Trabalhando com Microbacias
A metodologia de trabalho em microbacias hidrográficas, que vem sendo aprimorada no Brasil nos últimos 20 anos, busca a autogestão comunitária através de práticas de manejo sustentável. O entendimento de que o homem depende do ambiente para sua subsistência e para assegurar sua qualidade de vida é fundamental e permeia todas as atividades desenvolvidas em projetos de microbacias.

Uma das vantagens da adoção da metodologia de microbacias é a maior facilidade de planejamento e intervenção, quando comparada à gestão de grandes bacias hidrográficas, com toda a sua complexidade e inúmeras variáveis socioeconômicas e ambientais. Assim nasceram os projetos de microbacias, para solucionar a crescente degradação dos solos e dos recursos hídricos, provedores de bens e serviços ambientais para toda a população.
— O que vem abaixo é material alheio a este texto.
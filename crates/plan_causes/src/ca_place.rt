//! Where a service is scrambled.

use std::fmt;
use std::fmt::{Display, Formatter};

/// What says that a service is scrambled, or may be.
#[derive(Clone, Copy, Debug, PartialEq, Eq)]
pub enum CaPlace {
    /// A CA descriptor of the program.
    Program,
    /// A CA descriptor of the elementary stream with this PID in the input.
    Stream(u16),
    /// free_CA_mode in the service's row of the SDT.
    FreeCaMode,
}

impl Display for CaPlace {
    fn fmt<W: fmt::Write>(&self, f: &mut Formatter<W>) -> fmt::Result {
        match self {
            CaPlace::Program => f.write_str("its PMT has a CA descriptor of the program"),
            CaPlace::Stream(pid) => write!(f, "its PMT has a CA descriptor of PID 0x{pid:04X}"),
            CaPlace::FreeCaMode => f.write_str("free_CA_mode is 1 in its row of the SDT"),
        }
    }
}
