//! The cause of a plan's fault.

ghost use Rattle.std.specs.Prelude.{◌≡◌, IfSome, map, option_map};
ghost use Rattle.acquire.specs.Seen.{findings_of};
ghost use Rattle.plan.specs.Build.{build_fault_of};
ghost use Rattle.plan_causes.specs.Causes.{IsCauseOf, fault_of};

use crate::choice_causes::choice_cause;
use crate::plan_cause::PlanCause;
use crate::table_causes::chosen_cause;
use acquire::Found;
use request::Request;
use selection::choose;

/// A cause of the fault that a plan of this request has, by what was found in each of its inputs: of the fault that
/// `Plan::build` answers, and none where the plan has no fault. The first service in the plan's order is named to which the
/// fault applies. It takes no memory.
#[tactic(auto, unfolding(plan::specs::Build::build_fault_of))]
pub fn cause_of(request: &Request, found: &[Found]) -> Option<PlanCause>
    ensures fault { option_map fault_of result
        ≡ build_fault_of request.now (map findings_of found.now) }
    ensures cause { IfSome result (IsCauseOf request.now (map findings_of found.now)) }
{
    request.known();
    match choose(request, found) {
        Ok(chosen) => chosen_cause(request, chosen.as_slice()),
        Err(_) => choice_cause(request, found),
    }
}
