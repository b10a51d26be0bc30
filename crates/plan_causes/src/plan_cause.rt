//! Where a plan is at fault.

use crate::ca_place::CaPlace;
use crate::large_table::LargeTable;
use crate::missing_stream::MissingStream;
use crate::row_lack::RowLack;
use crate::service_numbers::ServiceNumbers;
use request::PlanFault;
use std::fmt;
use std::fmt::{Display, Formatter};

/// A place to which a fault of a plan applies, and what was found there: one for each of the faults 5 to 12.
#[derive(Clone, Copy, Debug, PartialEq, Eq)]
pub enum PlanCause {
    /// The program of this service was not found in its input.
    NoProgram(ServiceNumbers),
    /// This service is not described in its input.
    NoSdtRow(ServiceNumbers, RowLack),
    /// This service is scrambled.
    CaFound(ServiceNumbers, CaPlace),
    /// The program of this service has a stream that no row of the service has.
    RateMissing(ServiceNumbers, MissingStream),
    /// A row of this service has this PID in the input, which its program's PMT doesn't name.
    StreamUnknown(ServiceNumbers, u16),
    /// This table is too large.
    TooLarge(LargeTable),
    /// The period, in slots, and the least that a round of the tables fits into.
    RoundTooLong { period: u64, shortest: u64 },
    /// The period, in slots, and the longest that the limits of repetition allow.
    PeriodTooLong { period: u64, longest: u64 },
}

impl PlanCause {
    ghost use Rattle.std.specs.Prelude.{◌≡◌};
    ghost use Rattle.plan_causes.specs.Causes.{fault_of};

    /// The fault that it is a cause of.
    pub fn fault(&self) -> PlanFault
        ensures { result ≡ fault_of self.now }
    {
        match self {
            PlanCause::NoProgram(_) => PlanFault::NoProgram,
            PlanCause::NoSdtRow(..) => PlanFault::NoSdtRow,
            PlanCause::CaFound(..) => PlanFault::CaFound,
            PlanCause::RateMissing(..) => PlanFault::RateMissing,
            PlanCause::StreamUnknown(..) => PlanFault::StreamUnknown,
            PlanCause::TooLarge(_) => PlanFault::TooLarge,
            PlanCause::RoundTooLong { .. } => PlanFault::RoundTooLong,
            PlanCause::PeriodTooLong { .. } => PlanFault::PeriodTooLong,
        }
    }
}

impl Display for PlanCause {
    fn fmt<W: fmt::Write>(&self, f: &mut Formatter<W>) -> fmt::Result {
        match self {
            PlanCause::NoProgram(service) => write!(
                f,
                "{service}: the input's PAT has no such program, or its PMT was not found"
            ),
            PlanCause::NoSdtRow(service, lack) => write!(f, "{service}: {lack}"),
            PlanCause::CaFound(service, place) => write!(f, "{service}: {place}"),
            PlanCause::RateMissing(service, stream) => {
                write!(f, "{service}: its PMT names {stream}, and no row has it")
            }
            PlanCause::StreamUnknown(service, pid) => {
                write!(
                    f,
                    "{service}: a row has PID 0x{pid:04X}, and its PMT doesn't name it"
                )
            }
            PlanCause::TooLarge(table) => write!(f, "{table}"),
            PlanCause::RoundTooLong { period, shortest } => {
                write!(f, "period is {period}, at least {shortest}")
            }
            PlanCause::PeriodTooLong { period, longest } => {
                write!(f, "period is {period}, at most {longest}")
            }
        }
    }
}
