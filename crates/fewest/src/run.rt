// The run over the plan as it is, in the work space: each node's size and state, in rising node number.
ghost use Rattle.std.specs.Prelude.{◌≡◌, ◌≤◌, length};
ghost use Rattle.allowed.specs.inner.Inputs.{PassArgs};
ghost use Rattle.allowed.specs.inner.masks.Up.{inner_cell, node_cell, InnerCellArgs, NodeCellArgs, UpWritten};
ghost use Rattle.fewest.specs.inner.Marked.{RunArgs, RootMarked};

use formats::rules::rule;

// What the inner node v of label a gets, from its children's.
fn inner_cell(cells: &[u32], inner: &[u8], s: usize, k: usize, v: usize, a: usize) -> u32
    requires { InnerCellArgs cells.now inner.now s k v a }
    ensures { result ≡ inner_cell cells.now inner.now s k v a }
{
    let y = cells[v - 1];
    let right = (y % 65536) as usize;
    let x = cells[v - 1 - right];
    let p = (x / 65536 % 16) as usize;
    let q = (y / 65536 % 16) as usize;
    let to = rule(inner, s, k, p, a, q);
    (x % 65536) + (y % 65536) + 1 + 65536 * (to as u32)
}

// What node v gets.
fn node_cell(
    kinds: &[u8],
    labels: &[u8],
    leaves: &[u8],
    inner: &[u8],
    s: usize,
    k: usize,
    cells: &[u32],
    v: usize,
) -> u32
    requires { NodeCellArgs kinds.now labels.now leaves.now inner.now s k cells.now v }
    ensures { result ≡ node_cell kinds.now labels.now leaves.now inner.now s k
        cells.now v }
{
    let a = labels[v] as usize;
    if kinds[v] == 0 {
        return 1 + 65536 * (leaves[a] as u32);
    }
    inner_cell(cells, inner, s, k, v, a)
}

// Writes each node's size and state.
fn run_up(
    kinds: &[u8],
    labels: &[u8],
    leaves: &[u8],
    inner: &[u8],
    s: usize,
    k: usize,
    cells: &mut [u32],
)
    requires { PassArgs kinds.now labels.now leaves.now inner.now s k × (length kinds.now ≤ length cells.old) }
    ensures { UpWritten kinds.now labels.now leaves.now inner.now s k
        (length kinds.now) cells.old cells.new }
{
    for v in 0..kinds.len() {
        let x = node_cell(kinds, labels, leaves, inner, s, k, cells, v);
        cells[v] = x;
    }
}

// The mark of the root's state. The first numbers of the work space are written, one for each node.
pub fn root_mark(
    kinds: &[u8],
    labels: &[u8],
    leaves: &[u8],
    inner: &[u8],
    marks: &[u8],
    s: usize,
    k: usize,
    work: &mut [u32],
) -> u8
    requires { RunArgs kinds.now labels.now leaves.now inner.now marks.now s k (length work.old) }
    ensures { RootMarked kinds.now labels.now leaves.now inner.now
        marks.now s k work.old result work.new }
{
    run_up(kinds, labels, leaves, inner, s, k, work);
    let x = work[kinds.len() - 1];
    marks[(x / 65536 % 16) as usize]
}
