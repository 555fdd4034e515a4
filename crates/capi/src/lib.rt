// The functions that C and Rust call on tables, lists, files and choices, a module for each family of the header. Each
// is thin over a call of the layers below: its result is the answer's number, 0 where it is accepted, and its outputs
// are written only on success. Crate capi_c exports them.
//     numbers        answers as numbers
//     table_calls    build, full check, fresh run
//     branch_calls   branch tables and the branch question
//     list_calls     one list of changes laid over another
//     product_calls  two rule tables merged or compared
//     planner_calls  the planner's files
//     choice_calls   how many choices end in each state
//     allowed_calls  the labels that each node may take, and the states that clear
//     version        the library's version
#![tactic(auto)]

pub mod allowed_calls;
pub mod branch_calls;
pub mod choice_calls;
pub mod list_calls;
pub mod numbers;
pub mod planner_calls;
pub mod product_calls;
pub mod table_calls;
pub mod version;
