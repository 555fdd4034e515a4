// The pass down: each node's set of clearing states, in falling node number. The set of the node at hand is carried
// along; that of a left child waits at the first node of its sibling's subtree.
ghost use Rattle.std.specs.Prelude.{◌≡◌, List, ℕ, ◌<◌, length, get_or};
ghost use Rattle.allowed.specs.inner.clearing.Down.{leaf_down, leaf_next, inner_down, inner_next, node_down, node_next};
ghost use Rattle.allowed.specs.inner.clearing.Down.{InnerDownArgs, NodeDownArgs, DownWritten, DownArgs, SetsWritten};
ghost use Rattle.allowed.specs.inner.Inputs.{PassArgs};

use crate::clearing::cells::first_of;
use crate::sets::{left_set, right_set};

// The iteration of a leaf with the set c: the set of the node before it was waiting here.
fn leaf_down(cells: &mut [u16], v: usize, c: u64) -> u64
    requires { (v < length cells.old) × (c < 65536) }
    ensures { (cells.new ≡ leaf_down cells.old v c) × (result ≡ leaf_next cells.old v) }
{
    let next = cells[v];
    cells[v] = c as u16;
    next as u64
}

// The iteration of an inner node with the set c: its left child's set waits, its right child's is next.
fn inner_down(
    kinds: &[u8],
    inner: &[u8],
    s: usize,
    k: usize,
    cells: &mut [u16],
    v: usize,
    a: usize,
    c: u64,
) -> u64
    requires { InnerDownArgs kinds.now inner.now s k cells.old v a c }
    ensures { (cells.new ≡ inner_down kinds.now inner.now s k cells.old v a c)
        × (result ≡ inner_next kinds.now inner.now s k cells.old v a c) }
{
    let f = first_of(kinds, cells, v - 1);
    let x = cells[f];
    let p = (x % 16) as usize;
    let q = (x / 16 % 16) as usize;
    let r = right_set(inner, s, k, p, a, q, c);
    let l = left_set(inner, s, k, p, a, q, c);
    cells[f] = l as u16;
    cells[v] = c as u16;
    r
}

// The iteration of node v with the set c: it returns the set of the node before v.
fn node_down(
    kinds: &[u8],
    labels: &[u8],
    inner: &[u8],
    s: usize,
    k: usize,
    cells: &mut [u16],
    v: usize,
    c: u64,
) -> u64
    requires { NodeDownArgs kinds.now labels.now inner.now s k cells.old v c }
    ensures { (cells.new ≡ node_down kinds.now labels.now inner.now s k cells.old v c)
        × (result ≡ node_next kinds.now labels.now inner.now s k cells.old v c) }
{
    if kinds[v] == 0 {
        return leaf_down(cells, v, c);
    }
    inner_down(kinds, inner, s, k, cells, v, labels[v] as usize, c)
}

// Writes each node's clearing states, from the root's, c.
pub fn sets_down(
    kinds: &[u8],
    labels: &[u8],
    inner: &[u8],
    s: usize,
    k: usize,
    cells: &mut [u16],
    c: u64,
)
    requires { DownArgs kinds.now labels.now inner.now s k c cells.old }
    ensures { (leaves marks first : List ℕ)
        → PassArgs kinds.now labels.now leaves inner.now s k
        → DownWritten kinds.now labels.now leaves inner.now marks s k
        (length kinds.now) c first cells.old
        → SetsWritten kinds.now labels.now leaves inner.now marks s k first
        cells.new }
{
    let mut set = c;
    for v in (0..kinds.len()).rev() {
        set = node_down(kinds, labels, inner, s, k, cells, v, set);
    }
}
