// The pass over a plan that finds the fewest changes: the costs of each node's states, up.
//     cells   a node's row of the work space: its size, then its costs
//     up      the pass up
pub mod cells;
pub mod up;
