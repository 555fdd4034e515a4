// The branches' calls: build, full check and the question in its plain reading. Its other reading is crate
// capi_branch_upper.
ghost use Rattle.std.specs.Prelude.{length};
ghost use Rattle.formats.specs.Checks.{first_no, branch_build_checks};
ghost use Rattle.formats.specs.Built.{built_node_table, built_branch_table};
ghost use Rattle.branches.specs.declared.answers.Reading.TheVariants.{BelowUpper};
ghost use Rattle.capi.specs.numbers.Numbers.{BuildExported, CheckExported};
ghost use Rattle.capi.specs.branch_calls.BranchExported.{AskNumber, AskExported};

use crate::numbers::{bit, check_number, number};
use branches::answers::Branched;
use branches::ask::ask_branch;
use branches::build::build_branch_tables;
use branches::check::check_branch_tables;
use formats::refusals::HasNumber;

// Builds the tables of a plan for a branch table.
pub fn whatif_branch_build(
    plan: &[u8],
    branch: &[u8],
    node_table: &mut [u16],
    state_table: &mut [u8],
) -> u32
    ensures { BuildExported
        (first_no (branch_build_checks plan.now branch.now (length node_table.old) (length state_table.old)))
        (built_node_table plan.now) (built_branch_table plan.now branch.now)
        node_table.old state_table.old result node_table.new state_table.new }
{
    let answer = build_branch_tables(plan, branch, node_table, state_table);
    number(answer)
}

// Whether the tables are what the build writes for the plan and the branch table.
pub fn whatif_branch_check(
    plan: &[u8],
    branch: &[u8],
    node_table: &[u16],
    state_table: &[u8],
    yes: &mut u32,
) -> u32
    ensures { CheckExported
        (first_no (branch_build_checks plan.now branch.now (length node_table.now) (length state_table.now)))
        (built_node_table plan.now) (built_branch_table plan.now branch.now)
        node_table.now state_table.now result yes.old yes.new }
{
    let answer = check_branch_tables(plan, branch, node_table, state_table);
    check_number(answer, yes)
}

// The number of a branch question's answer; its state, whether it is marked, its links and the nodes passed over go to
// `state`, `yes`, `links` and `passed`.
pub fn ask_number<E: HasNumber>(
    answer: Result<Branched, E>,
    state: &mut u32,
    yes: &mut u32,
    links: &mut u32,
    passed: &mut u32,
) -> u32
    ensures { AskNumber E.number_in answer state.old yes.old links.old passed.old
        result state.new yes.new links.new passed.new }
{
    match answer {
        Ok(b) => {
            *state = b.state as u32;
            *yes = bit(b.marked);
            *links = b.links;
            *passed = b.passed;
            0
        }
        Err(refusal) => refusal.number_of() as u32,
    }
}

// The branch question: the word from below node `upper` down to node `lower`.
pub fn whatif_branch(
    plan: &[u8],
    branch: &[u8],
    node_table: &[u16],
    state_table: &[u8],
    upper: u32,
    lower: u32,
    state: &mut u32,
    yes: &mut u32,
    links: &mut u32,
    passed: &mut u32,
) -> u32
    ensures { AskExported BelowUpper plan.now branch.now node_table.now state_table.now upper lower
        result state.old yes.old links.old passed.old
        state.new yes.new links.new passed.new }
{
    let answer = ask_branch(plan, branch, node_table, state_table, upper, lower);
    ask_number(answer, state, yes, links, passed)
}
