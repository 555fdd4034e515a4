// The pass up: where each subtree begins, and the states of each pair of children, in rising node number.
ghost use Rattle.std.specs.Prelude.{◌≡◌, ◌≤◌, length};
ghost use Rattle.allowed.specs.inner.Inputs.{PassArgs};
ghost use Rattle.allowed.specs.inner.clearing.Up.{pair_in, inner_up, node_up, PairArgs, InnerUpArgs, NodeUpArgs, UpWritten};

use crate::clearing::cells::{first_of, state_of};
use formats::rules::rule;

// The states of inner node v's children, and its own; its right child's subtree begins at f.
fn pair_cell(
    kinds: &[u8],
    labels: &[u8],
    leaves: &[u8],
    inner: &[u8],
    s: usize,
    k: usize,
    cells: &[u16],
    f: usize,
    v: usize,
) -> u16
    requires { PairArgs kinds.now labels.now leaves.now inner.now s k cells.now f v }
    ensures { result ≡ pair_in kinds.now labels.now leaves.now inner.now s k
        cells.now f v }
{
    let p = state_of(kinds, labels, leaves, cells, f - 1);
    let q = state_of(kinds, labels, leaves, cells, v - 1);
    let to = rule(inner, s, k, p, labels[v] as usize, q);
    (p + 16 * q + 256 * (to as usize)) as u16
}

// The iteration of an inner node.
fn inner_up(
    kinds: &[u8],
    labels: &[u8],
    leaves: &[u8],
    inner: &[u8],
    s: usize,
    k: usize,
    cells: &mut [u16],
    v: usize,
)
    requires { InnerUpArgs kinds.now labels.now leaves.now inner.now s k cells.old v }
    ensures { cells.new ≡ inner_up kinds.now labels.now leaves.now inner.now
        s k cells.old v }
{
    let f = first_of(kinds, cells, v - 1);
    let x = pair_cell(kinds, labels, leaves, inner, s, k, cells, f, v);
    let g = first_of(kinds, cells, f - 1);
    cells[f] = x;
    cells[v] = g as u16;
}

// The iteration of node v: nothing for a leaf.
fn node_up(
    kinds: &[u8],
    labels: &[u8],
    leaves: &[u8],
    inner: &[u8],
    s: usize,
    k: usize,
    cells: &mut [u16],
    v: usize,
)
    requires { NodeUpArgs kinds.now labels.now leaves.now inner.now s k cells.old v }
    ensures { cells.new ≡ node_up kinds.now labels.now leaves.now inner.now
        s k cells.old v }
{
    if kinds[v] == 0 {
        return;
    }
    inner_up(kinds, labels, leaves, inner, s, k, cells, v);
}

// Writes where each subtree begins, and the states of each pair of children.
pub fn pairs_up(
    kinds: &[u8],
    labels: &[u8],
    leaves: &[u8],
    inner: &[u8],
    s: usize,
    k: usize,
    cells: &mut [u16],
)
    requires { PassArgs kinds.now labels.now leaves.now inner.now s k × (length kinds.now ≤ length cells.old) }
    ensures { UpWritten kinds.now labels.now leaves.now inner.now s k
        (length kinds.now) cells.old cells.new }
{
    for v in 0..kinds.len() {
        node_up(kinds, labels, leaves, inner, s, k, cells, v);
    }
}
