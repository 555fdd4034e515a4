// The exported call on lists of changes (document 02, S-4), thin over the call of crate changes: its result is the
// reply's number, 0 where it is accepted. The entries go to the caller's buffers. Outputs are written only on success.
//     whatif_lay_over   one list laid over another
ghost use Rattle.capi.specs.list_calls.ListsExported.{LayExported};

use changes::lay_over;
use formats::refusals::Refusal;

// The upper list laid over the lower: its nodes and labels go to the front of `nodes` and `labels`, and their number to
// `count`.
pub fn whatif_lay_over(
    lower_nodes: &[u16],
    lower_labels: &[u8],
    upper_nodes: &[u16],
    upper_labels: &[u8],
    nodes: &mut [u16],
    labels: &mut [u8],
    count: &mut u32,
) -> u32
    ensures { LayExported lower_nodes.now lower_labels.now upper_nodes.now upper_labels.now
        nodes.old labels.old count.old result nodes.new labels.new count.new }
{
    let list = match lay_over(lower_nodes, lower_labels, upper_nodes, upper_labels) {
        Ok(list) => list,
        Err(refusal) => return refusal.number() as u32,
    };
    let n = list.count;
    if nodes.len() < n {
        return Refusal::BufferShort.number() as u32;
    }
    if labels.len() < n {
        return Refusal::BufferShort.number() as u32;
    }
    nodes[..n].copy_from_slice(&list.nodes[..n]);
    labels[..n].copy_from_slice(&list.labels[..n]);
    *count = n as u32;
    0
}
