// The exported count of choices (document 02, S-10), thin over the call of crate choices: its result is the reply's
// number, 0 where it is accepted. The counts of the S states go to the caller's buffer. Outputs are written only on
// success.
//     whatif_count   how many choices end in each state
ghost use Rattle.capi.specs.choice_calls.CountExported.{CountExported};

use choices::count::count;
use formats::bytes::read32;
use formats::refusals::Refusal;

// How many choices of labels for the nodes end in each state: the counts go to the front of `counts`, parts and links
// to their output parameters.
pub fn whatif_count(
    plan: &[u8],
    rules: &[u8],
    node_table: &[u16],
    state_table: &[u8],
    nodes: &[u16],
    counts: &mut [u64],
    parts: &mut u32,
    links: &mut u32,
) -> u32
    ensures { CountExported plan.now rules.now node_table.now state_table.now
        nodes.now counts.old parts.old links.old result counts.new
        parts.new links.new }
{
    let reply = match count(plan, rules, node_table, state_table, nodes) {
        Ok(reply) => reply,
        Err(refusal) => return refusal.number() as u32,
    };
    let s = read32(rules, 0);
    if counts.len() < s {
        return Refusal::BufferShort.number() as u32;
    }
    counts[..s].copy_from_slice(&reply.counts[..s]);
    *parts = reply.parts;
    *links = reply.links;
    0
}
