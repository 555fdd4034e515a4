// The call: the clearing states of each node of a plan, from plan and rules alone.
ghost use Rattle.std.specs.Prelude.{◌≡◌, ◌≤◌, length};
ghost use Rattle.formats.specs.Refusals.{answer_number};
ghost use Rattle.allowed.specs.Answers.{clearing_over, ClearingDone};
ghost use Rattle.allowed.specs.inner.Inputs.{PassArgs, MarksGiven, CallArgs};
ghost use Rattle.allowed.specs.inner.clearing.Down.{SetsWritten};

use crate::check::check_node_room;
use crate::clearing::down::sets_down;
use crate::clearing::up::pairs_up;
use crate::sets::marked_set;
use formats::bytes::read32;
use formats::refusals::Refusal;
use formats::rules::inner_count;

// Writes each node's clearing states: up, then down from the marked states.
fn write_sets(
    kinds: &[u8],
    labels: &[u8],
    leaves: &[u8],
    inner: &[u8],
    marks: &[u8],
    s: usize,
    k: usize,
    cells: &mut [u16],
)
    requires { PassArgs kinds.now labels.now leaves.now inner.now s k × MarksGiven marks.now s
        × (length kinds.now ≤ length cells.old) }
    ensures { SetsWritten kinds.now labels.now leaves.now inner.now marks.now
        s k cells.old cells.new }
{
    pairs_up(kinds, labels, leaves, inner, s, k, cells);
    let c = marked_set(marks, s);
    sets_down(kinds, labels, inner, s, k, cells, c);
}

// The same of a plan and rules that pass their checks. Labels, kinds and states are handed on as parts.
fn write_clearing(plan: &[u8], rules: &[u8], n: usize, s: usize, k: usize, sets: &mut [u16])
    requires { CallArgs plan.now rules.now n s k (length sets.old) }
    ensures { sets.new ≡ clearing_over plan.now rules.now sets.old }
{
    let end = 20 + k + inner_count(s, k);
    write_sets(
        &plan[12 + n..],
        &plan[12..12 + n],
        &rules[20..20 + k],
        &rules[20 + k..end],
        &rules[end..],
        s,
        k,
        sets,
    );
}

// For each node the states with which the plan is cleared, as the bits of a number: bit q is 1 exactly where the plan is
// cleared with state q at this node, all else as it is. It asks 2 to 11; refused, nothing is written.
pub fn clearing_states(plan: &[u8], rules: &[u8], sets: &mut [u16]) -> Result<(), Refusal>
    ensures { ClearingDone plan.now rules.now sets.old (answer_number result) sets.new }
{
    check_node_room(plan, rules, sets.len())?;
    let n = read32(plan, 0);
    let s = read32(rules, 0);
    let k = read32(rules, 4);
    write_clearing(plan, rules, n, s, k, sets);
    Ok(())
}
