// Answers as numbers, for the crates that export calls: a yes or no, any answer's number, and a full check's.
ghost use Rattle.std.specs.Prelude.{◌≡◌};
ghost use Rattle.formats.specs.Refusals.{number_by};
ghost use Rattle.capi.specs.numbers.Numbers.{bit_of, CheckNumber};

use formats::refusals::HasNumber;

// 1 for yes, 0 for no.
pub fn bit(b: bool) -> u32
    ensures { result ≡ bit_of b }
{
    u32::from(b)
}

// The number of an answer: 0 where the call is accepted, else its refusal's.
pub fn number<T: Copy, E: HasNumber>(answer: Result<T, E>) -> u32
    ensures { result ≡ number_by E.number_in answer }
{
    match answer {
        Ok(_) => 0,
        Err(refusal) => refusal.number_of() as u32,
    }
}

// The number of a full check's answer; whether it is yes goes to `yes`.
pub fn check_number<E: HasNumber>(answer: Result<bool, E>, yes: &mut u32) -> u32
    ensures { CheckNumber E.number_in answer yes.old result yes.new }
{
    match answer {
        Ok(same) => {
            *yes = bit(same);
            0
        }
        Err(refused) => refused.number_of() as u32,
    }
}
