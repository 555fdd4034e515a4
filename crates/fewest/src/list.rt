// The fewest changes of a plan's parts: the least number, and the list of changes where they are at most 64.
//     entries   the list of changes
//     shown     up, the root, down, and the list
pub mod entries;
pub mod shown;
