// The fewest changes for each state of a node: one row of costs, of a leaf, and of an inner node from its children's.
//     relax    an inner node's row, way by way
//     images   the states that all labels give, as sets
//     leaves   a leaf's row
pub mod images;
pub mod leaves;
pub mod relax;

// The cost that stands for "no way": no plan has so many nodes.
pub const NO_WAY: u32 = 65536;
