// The fewest changes that clear a plan, or that take its clearance, from plan and rules alone: for each node and state
// the least number of changes at and below it, by one pass up; then the labels that attain it, by one pass down.
//     run      the run over the plan as it is
//     rows     a node's row of costs
//     passes   the pass up
//     down     the root's state, and the pass down
//     list     the list of changes
//     call     the checks and the call
#![tactic(auto)]

pub mod call;
mod down;
mod list;
mod passes;
mod rows;
mod run;
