// The tables' calls: build, full check and the fresh run.
ghost use Rattle.std.specs.Prelude.{length};
ghost use Rattle.formats.specs.Checks.{first_no, build_checks};
ghost use Rattle.formats.specs.Built.{built_node_table, built_state_table};
ghost use Rattle.capi.specs.numbers.Numbers.{BuildExported, CheckExported};
ghost use Rattle.capi.specs.table_calls.RunExported.{RunNumber, RunExported};

use crate::numbers::{bit, check_number, number};
use formats::refusals::Refusal;
use runs::answer::Verdict;
use runs::fresh::fresh_run;
use table_checks::check::check_tables;
use tables::build::build_tables;

// Builds the tables of a plan for a rule table.
pub fn whatif_build(
    plan: &[u8],
    rules: &[u8],
    node_table: &mut [u16],
    state_table: &mut [u8],
) -> u32
    ensures { BuildExported
        (first_no (build_checks plan.now rules.now (length node_table.old) (length state_table.old)))
        (built_node_table plan.now) (built_state_table plan.now rules.now)
        node_table.old state_table.old result node_table.new state_table.new }
{
    let answer = build_tables(plan, rules, node_table, state_table);
    number(answer)
}

// Whether the tables are what the build writes for the plan and the rule table.
pub fn whatif_check(
    plan: &[u8],
    rules: &[u8],
    node_table: &[u16],
    state_table: &[u8],
    yes: &mut u32,
) -> u32
    ensures { CheckExported
        (first_no (build_checks plan.now rules.now (length node_table.now) (length state_table.now)))
        (built_node_table plan.now) (built_state_table plan.now rules.now)
        node_table.now state_table.now result yes.old yes.new }
{
    let answer = check_tables(plan, rules, node_table, state_table);
    check_number(answer, yes)
}

// The number of a fresh run's answer; its state and whether it is marked go to `state` and `yes`.
fn run_number(answer: Result<Verdict, Refusal>, state: &mut u32, yes: &mut u32) -> u32
    ensures { RunNumber answer state.old yes.old result state.new yes.new }
{
    match answer {
        Ok(verdict) => {
            *state = verdict.state as u32;
            *yes = bit(verdict.accepted);
            0
        }
        Err(refusal) => refusal.number() as u32,
    }
}

// The run of the plan with the listed labels changed, without tables.
pub fn whatif_fresh_run(
    plan: &[u8],
    rules: &[u8],
    nodes: &[u16],
    labels: &[u8],
    state: &mut u32,
    yes: &mut u32,
) -> u32
    ensures { RunExported plan.now rules.now nodes.now labels.now
        result state.old yes.old state.new yes.new }
{
    let answer = fresh_run(plan, rules, nodes, labels);
    run_number(answer, state, yes)
}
As práticas de conservação de solo e água promovidas pelo Rio Rural consolidam o reconhecimento desta metodologia como um instrumento ambiental, ampliando suas possibilidades de adoção por atores e financiadores não agrícolas.

A metodologia tem como princípios:

Descentralização: a comunidade participa da priorização das ações.
Transparência das decisões: a comunidade tem acesso às informações sobre investimentos

Fortalecimento organizacional: as formas organizativas são estimuladas à profissionalização (associativismo e cooperativismo)

Sustentabilidade: equilíbrio entre as dimensões social, econômica e ambiental
Fluxo de Trabalho
A metodologia de microbacias hidrográficas estimula a participação do produtor familiar e demais moradores de cada comunidade, que se reúnem em grupos de interesse, elegendo representantes para compor os Comitês Gestores de Microbacias (COGEM), entidades à frente das ações de desenvolvimento rural sustentável.

Os membros do COGEM realizam um levantamento das principais demandas e potenciais da microbacia, junto aos atores locais, através do Diagnóstico Rural Participativo (DRP). A partir deste primeiro documento, é construído o Plano Executivo da Microbacia (PEM), que contém as ações que serão realizadas.